A biblioteca de setembro

Se cada mês fosse uma biblioteca, setembro teria prateleiras de madeira ainda com cheiro a sol, mas já com a promessa do frio a assentar nos cantos. Haveria livros com areia entre as páginas, herança dos dias de praia, e outros ainda por abrir, guardados para noites mais longas.

Em setembro não consigo ler tanto quanto gostaria, porque é um mês de conclusão de projetos e início de outros; de preparação do novo ano letivo; de organização, método e responsabilidade. Por isso, neste mês, a estante pode ser feita de começos interrompidos, de romances iniciados em julho e abandonados no calor, diários onde a mão parou em agosto, cadernos por preencher. Setembro devolve-nos a essa tarefa de retomar o fio, de reencontrar o marcador esquecido entre as páginas. Não adoro setembro e, por isso, agarro-me a eles, sempre a eles, aos livros. Às estórias, às gentes que podiam ter o nosso nome, às narrativas que trazem espelho e esperança, reflexão e diálogo.

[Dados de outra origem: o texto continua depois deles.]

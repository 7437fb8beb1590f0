//! Texts of instances: transcripts and literals.
#![tactic(auto)]

mod algebra;
pub mod edges;
mod equations;
mod generators;
mod instances;
mod literals;
mod pieces;
mod plan;
mod rows;
mod spelling;

pub use instances::{push_transcript, transcript};
pub use literals::literal;
pub use pieces::push_number;
pub use spelling::content;
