//! The equations of a literal.
ghost use Rattle.std.specs.Prelude.{◌≡◌, ◌++◌, ◌<◌, All, OnOk, length, sum};
ghost use Rattle.std.specs.List.{flat_map};
ghost use Rattle.cq_theory.specs.Tables.{count_of};
ghost use Rattle.cq_theory.specs.Canonical.{below, canonical, row_equations, row_generator, entity_equations};
ghost use Rattle.cq_text.specs.Transcript.{IsNamedEntry};
ghost use Rattle.cq_text.specs.Literal.{equation_line};
ghost use Rattle.cq_text.specs.Spelling.{cell_equation_line, entry_equation_line, key_equation_line, IsPlan, LeavesRow};

use crate::plan::{Plan, row_number, target_number};
use crate::spelling::{push_edge_at, push_entry_equation, push_generator, push_spelled};
use cq_instance::Instance;
use cq_theory::{Entry, Typeside};
use std::alloc::AllocError;

/// Appends the equations of all rows, entity by entity, and then those of the entries.
pub fn push_equations(
    instance: &Instance,
    plan: &Plan,
    text: &mut Vec<u8>,
) -> Result<(), AllocError>
    requires { IsPlan instance.now plan.now }
    ensures { OnOk result (text.new.items ≡ text.old.items
        ++ flat_map (equation_line instance.now.schema) (canonical instance.now.schema instance.now.tables).equations) }
{
    push_row_equations(instance, plan, text)?;
    push_entries(instance, plan, text)?;
    Ok(())
}

fn push_row_equations(
    instance: &Instance,
    plan: &Plan,
    text: &mut Vec<u8>,
) -> Result<(), AllocError>
    requires { IsPlan instance.now plan.now }
    ensures { OnOk result (text.new.items ≡ text.old.items
        ++ flat_map (λ entity. flat_map (λ row. flat_map (equation_line instance.now.schema)
        (row_equations instance.now.schema instance.now.tables entity row))
        (below (count_of instance.now.tables entity))) (below (length instance.now.schema.entities))) }
{
    let count = instance.schema().entities.len() as u32;
    for entity in 0..count {
        push_entity_equations(instance, plan, entity, text)?;
    }
    Ok(())
}

fn push_entity_equations(
    instance: &Instance,
    plan: &Plan,
    entity: u32,
    text: &mut Vec<u8>,
) -> Result<(), AllocError>
    requires plan { IsPlan instance.now plan.now }
    requires entity { entity < length instance.now.schema.entities }
    ensures { OnOk result (text.new.items ≡ text.old.items
        ++ flat_map (λ row. flat_map (equation_line instance.now.schema)
        (row_equations instance.now.schema instance.now.tables entity row))
        (below (count_of instance.now.tables entity))) }
{
    for row in 0..instance.count(entity) {
        push_equations_at(instance, plan, entity, row, text)?;
    }
    Ok(())
}

/// Appends the equations of a row.
fn push_equations_at(
    instance: &Instance,
    plan: &Plan,
    entity: u32,
    row: u32,
    text: &mut Vec<u8>,
) -> Result<(), AllocError>
    requires plan { IsPlan instance.now plan.now }
    requires entity { entity < length instance.now.schema.entities }
    requires row { row < count_of instance.now.tables entity }
    ensures { OnOk result (text.new.items ≡ text.old.items
        ++ flat_map (equation_line instance.now.schema)
        (row_equations instance.now.schema instance.now.tables entity row)) }
{
    let number = row_number(instance, plan, entity, row)?;
    let attributes = plan.attributes[entity as usize].as_slice();
    push_cells(instance, plan, row, number, attributes, text)?;
    let keys = plan.keys[entity as usize].as_slice();
    push_keys(instance, plan, row, number, keys, text)?;
    Ok(())
}

fn push_cells(
    instance: &Instance,
    plan: &Plan,
    row: u32,
    generator: u64,
    attributes: &[u32],
    text: &mut Vec<u8>,
) -> Result<(), AllocError>
    requires plan { IsPlan instance.now plan.now }
    requires row { All (LeavesRow instance.now.tables instance.now.schema.attributes row) attributes.now }
    ensures { OnOk result (text.new.items ≡ text.old.items
        ++ flat_map (cell_equation_line instance.now.schema instance.now.tables generator row) attributes.now) }
{
    for attribute in attributes {
        push_cell(instance, plan, row, generator, *attribute, text)?;
    }
    Ok(())
}

fn push_cell(
    instance: &Instance,
    plan: &Plan,
    row: u32,
    generator: u64,
    attribute: u32,
    text: &mut Vec<u8>,
) -> Result<(), AllocError>
    requires plan { IsPlan instance.now plan.now }
    requires row { LeavesRow instance.now.tables instance.now.schema.attributes row attribute }
    ensures { OnOk result (text.new.items ≡ text.old.items
        ++ cell_equation_line instance.now.schema instance.now.tables generator row attribute) }
{
    let schema = instance.schema();
    let value = instance.cell(attribute, row);
    push_edge_at(schema.attributes.as_slice(), attribute, generator, text)?;
    text.extend_from_slice(b" = ")?;
    push_spelled(&schema.typeside, plan.first_null, value, text)?;
    text.extend_from_slice(b"\n")?;
    Ok(())
}

fn push_keys(
    instance: &Instance,
    plan: &Plan,
    row: u32,
    generator: u64,
    keys: &[u32],
    text: &mut Vec<u8>,
) -> Result<(), AllocError>
    requires plan { IsPlan instance.now plan.now }
    requires row { All (LeavesRow instance.now.tables instance.now.schema.keys row) keys.now }
    ensures { OnOk result (text.new.items ≡ text.old.items
        ++ flat_map (key_equation_line instance.now.schema instance.now.tables generator row) keys.now) }
{
    for key in keys {
        push_key(instance, plan, row, generator, *key, text)?;
    }
    Ok(())
}

fn push_key(
    instance: &Instance,
    plan: &Plan,
    row: u32,
    generator: u64,
    key: u32,
    text: &mut Vec<u8>,
) -> Result<(), AllocError>
    requires plan { IsPlan instance.now plan.now }
    requires row { LeavesRow instance.now.tables instance.now.schema.keys row key }
    ensures { OnOk result (text.new.items ≡ text.old.items
        ++ key_equation_line instance.now.schema instance.now.tables generator row key) }
{
    let target = target_number(instance, plan, key, row)?;
    push_edge_at(instance.schema().keys.as_slice(), key, generator, text)?;
    text.extend_from_slice(b" = ")?;
    push_generator(target, text)?;
    text.extend_from_slice(b"\n")?;
    Ok(())
}

fn push_entries(instance: &Instance, plan: &Plan, text: &mut Vec<u8>) -> Result<(), AllocError>
    requires { IsPlan instance.now plan.now }
    ensures { OnOk result (text.new.items ≡ text.old.items
        ++ flat_map (entry_equation_line instance.now.schema.typeside (sum instance.now.tables.sheet.counts))
        instance.now.tables.algebra.entries) }
{
    let entries = instance.algebra().entries.as_slice();
    push_entry_equations(&instance.schema().typeside, plan.first_null, entries, text)?;
    Ok(())
}

fn push_entry_equations(
    typeside: &Typeside,
    first_null: u64,
    entries: &[Entry],
    text: &mut Vec<u8>,
) -> Result<(), AllocError>
    requires { All (IsNamedEntry typeside.now) entries.now }
    ensures { OnOk result (text.new.items ≡ text.old.items
        ++ flat_map (entry_equation_line typeside.now first_null) entries.now) }
{
    for entry in entries {
        push_entry_equation(typeside, first_null, entry, text)?;
    }
    Ok(())
}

Na biblioteca de setembro há, ainda, livros de capa dura, com o peso dos recomeços. E manuais novos, ainda com cheiro a tinta fresca, cadernos que pedem letra redonda na primeira linha. Entre eles escondem-se poemas que não obedecem a horários, contos que nos ensinam que aprender é também desaprender.

Talvez setembro seja essa prateleira intermédia: nem tão leve como antes, nem tão grave como depois. Um lugar de transição onde repousam os livros que falam de pontes, travessias, partidas e regressos. E quem entra nessa biblioteca descobre que setembro é, afinal, uma história dentro de outras histórias, todas à espera de quem se senta para ler.

Na minha biblioteca de setembro tenho, sobretudo, literatura feita em português. Deixo, então, essas sugestões, livros acabadinhos de sair, para tardes que ainda pedem uma esplanada ou noites que já aceitam um chá. A escritora e ativista literária Helena Magalhães regressa às estantes, desta vez pela ASA (Grupo LeYa), com “Atos de Desobediência”, um livro que «explora a intimidade feminina, as relações entre mulheres e homens, entre gerações e classes sociais, numa celebração tão apaixonada quanto crítica da literatura e da arte». “As últimas linhas destas mãos”, de Susana Amaro Velho, é reeditado pela Casa das Letras (Grupo LeYa), reafirmando o talento da autora no mercado literário português. Ângelo Fernandes estreia-se na ficção com “Neblina” (Oficina das Letras/Grupo LeYa), «um romance cru e perturbador sobre as sombras que nos habitam, os pactos de silêncio e o preço atroz de enterrar uma verdade que, finalmente, se recusa a ficar calada». Finalmente, Álvaro Cúria traz-nos “No Brasil não há leões” (Manuscrito Editora/Grupo Editorial Presença). Valter Hugo Mãe descreve-o da seguinte forma «O Álvaro Curia confirma a maravilha de sua presença nas novas letras portuguesas. Linguagem e imaginação, profundidade e intensidade. Todas as gerações se garantem com autores assim». Contemporâneos maravilhosos! Autoras e autores que transportam para o papel não apenas o talento que os caracteriza, mas sobretudo o trabalho, a perseverança e o amor às letras.

Desejo-vos um setembro capaz de curar, seja através dos livros, de outras formas de arte, das pessoas que vos enchem o peito ou dos sonhos que vos habitam.